# How to Create FAT16 Partition for DR-DOS?



## cbseries2 (Aug 15, 2007)

Hello All, 

I have a 60GB harddrive.

I'm interested in dual booting DR-DOS 7.03 (light version) and Windows Me.

Extended Operating System Loader (XOSL) I've chosen to be the boot loader.

I need to create one primary drive partition in FAT16. I want this FAT16 partition to be 500 megabytes in size. The rest of the harddrive will be FAT32, including the primary drive for Windows Me, and the logical drives.

I would rather use FDISK than a third party partition manager to create the FAT16 primary partition for DR-DOS but I do not know how to go about doing it. _I'm assuming_ I will need to use the installation disc of DR-DOS to create its FAT16 partition and format it, but once the FAT16 primary partition is created, how do I back out of the process to then start using the 'Windows Me emergency start up disc' to continue with the primary and logical drive creation in FAT32?

I've had this computer for six years and I've only used Windows Me on it, and I've only had one primary drive.
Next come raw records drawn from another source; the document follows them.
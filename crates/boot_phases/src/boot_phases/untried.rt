//! The entries that the automatic phase chooses among.

ghost use Rattle.std.specs.Prelude.{◌≡◌, ◌<◌, ◌^◌, nat_eq, false, [], ◌∷◌, length, slice_get, IfOk, if◌then◌else◌};
ghost use Rattle.std.specs.Option.{option_copied, option_map, option_map_or};
ghost use Rattle.start_model.specs.Entries.{Entry, is_open, need_of, needs_at, places_of};
ghost use Rattle.boot_phases.specs.boot_phases.Untried.{indices_of};

use crate::boot_phases::kind::{is_driver, is_service};
use crate::boot_phases::tried::TriedNames;
use crate::service_entries::{Entry, ServiceTable};
use dependencies::{NeedTable, Places};
use nt_bytes::{Row, Units};
use std::alloc::{AllocError, Global};
use std::marker::Model;
use std::slice::from_ref;

/// Indices, by place.
type Indices = Row<usize>;

/// The untried drivers and services of a table, each found by its name through the table.
#[derive(Drop)]
pub(crate) struct Untried<'a> {
    table: &'a ServiceTable,
    /// Their places in the table, rising.
    places: Places,
    /// For each place of the table, how many of these stand before it.
    indices: Indices,
}

impl<'a> Model for Untried<'a> {
    ghost use Rattle.boot_phases.specs.boot_phases.Untried.{Chosen, AreLedTo};

    ghost Value = { Chosen };

    ghost view = { λ a. record { entries = a.table.now; places = a.places } };

    ghost invariant = { λ a. AreLedTo a.table.now a.places a.indices };
}

impl<'a> Untried<'a> {
    /// Those of a table.
    pub(crate) fn new(
        alloc: Global,
        table: &'a ServiceTable,
        tried: &TriedNames,
    ) -> Result<Untried<'a>, AllocError>
        ensures entries { IfOk result (λ u. u.entries ≡ table.now) }
        ensures places { IfOk result (λ u. u.places ≡ places_of (is_open tried.now) table.now) }
    {
        let mut places = Places::new(alloc);
        let mut indices = Indices::new(alloc);
        for place in 0..table.len() {
            indices.push(places.len())?;
            if is_open_at(table, place as u32, tried) {
                places.push(place as u32)?;
            }
        }
        Ok(Untried {
            table,
            places,
            indices,
        })
    }

    /// Their places in the table, rising.
    pub(crate) fn in_table(&self) -> &[u32]
        ensures places { result.now ≡ self.now.places }
        ensures few { length (needs_at self.now.entries self.now.places) < 2 ^ 32 }
    {
        self.places.as_slice()
    }

    /// The entry at an index among them.
    fn entry(&self, index: usize) -> Option<&Entry>
        ensures { option_map need_of (option_copied result) ≡ slice_get (needs_at self.now.entries self.now.places) index }
    {
        match self.places.get(index) {
            Some(place) => self.table.get(*place),
            None => None,
        }
    }

    /// The index of the one at a place of the table, if one of them stands there.
    fn index_of(&self, place: u32) -> &[usize]
        ensures { result.now ≡ indices_of self.now.places place }
    {
        match self.indices.get(place as usize) {
            Some(index) => self.there(index, place),
            None => &[],
        }
    }

    /// This index, if the one that it leads to is at this place of the table.
    fn there<'b>(&self, index: &'b usize, place: u32) -> &'b [usize]
        ensures { result.now ≡ (if option_map_or (nat_eq place) (slice_get self.now.places index.now) false then index.now ∷ [] else []) }
    {
        if self.stands(*index, place) {
            from_ref(index)
        } else {
            &[]
        }
    }

    fn stands(&self, index: usize, place: u32) -> bool
        ensures { result ≡ option_map_or (nat_eq place) (slice_get self.now.places index) false }
    {
        self.places.get(index).is_some_and(|found| place == *found)
    }

    /// The index of the one at the place that was found, if one of them stands there.
    fn index_found(&self, found: Option<u32>) -> &[usize]
        ensures { result.now ≡ option_map_or (indices_of self.now.places) found [] }
    {
        match found {
            Some(place) => self.index_of(place),
            None => &[],
        }
    }
}

impl<'a> NeedTable for Untried<'a> {
    ghost needs = { λ u. needs_at u.entries u.places };

    fn count(&self) -> usize {
        self.places.len()
    }

    fn start(&self, place: usize) -> u32 {
        self.entry(place).map_or(0, |entry| entry.start)
    }

    fn services(&self, place: usize) -> &[Units] {
        match self.entry(place) {
            Some(entry) => entry.services.as_slice(),
            None => &[],
        }
    }

    fn places(&self, alloc: Global, name: &[u16]) -> Result<&[usize], AllocError> {
        let found = self.table.place_of(alloc, name)?;
        Ok(self.index_found(found))
    }
}

fn is_open_at(table: &ServiceTable, place: u32, tried: &TriedNames) -> bool
    ensures { result ≡ option_map_or (is_open tried.now) (slice_get table.now place) false }
{
    table.get(place).is_some_and(|entry| is_open(entry, tried))
}

fn is_open(entry: &Entry, tried: &TriedNames) -> bool
    ensures { result ≡ is_open tried.now entry.now }
{
    (is_driver(entry.kind) || is_service(entry.kind)) && !tried.has(entry)
}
When the primary drive for DR-DOS is made, it will be hidden. Is it o.k. to give the two primary drives the same volume label name, or should they be different names? There may be times when I want Windows Me's drive to be the hidden one. Am I correct in thinking that both primary drives will be considered C: drives?

I'm still in the planning/learning stages of this. It is nothing I am going to do today, or tomorrow.

Maybe eight months to a year from now I'm considering getting Windows XP, and one of the logical drives I make will be for it. Haven't decided yet if I want XP, or not.


----------



## JohnWill (Oct 19, 2002)

You can simply boot up the DR-DOS disk, use FDISK to create a single primary FAT16 partition, format it with DR-DOS and copy it's stuff over. Just leave the rest of the disk unformatted.

Then you boot from the ME disk and create it's partition.


----------



## hawkuletz (Aug 15, 2007)

I'm not sure wether this would work and I think that you *should* use 3rd party partitioning.
The reason for this is that usually for multiboot configurations you need all the boot partitions (2 in your case) to be primary partitions. Unfortunatelly neither DRDOS fdisk nor Me fdisk will allow you to create *two* primary partitions, but instead force you to create an *extended* partition, which usually is not bootable even using boot managers.


----------



## cbseries2 (Aug 15, 2007)

hawkuletz said:


> I'm not sure wether this would work and I think that you *should* use 3rd party partitioning.


I think you are correct Hawkuletz, it will probably be more wiser for me to go with an all-in-one partition manager/multi-boot program.

Even if what I would like to do is doable, someone with more skill probably can, on reflection it is a much more complicated process for me than I care to get into just to make a partition for DR DOS. And if there were future complications XOSL would be no help, I think, in sorting them out.

I'll have a look around at third party programs.


----------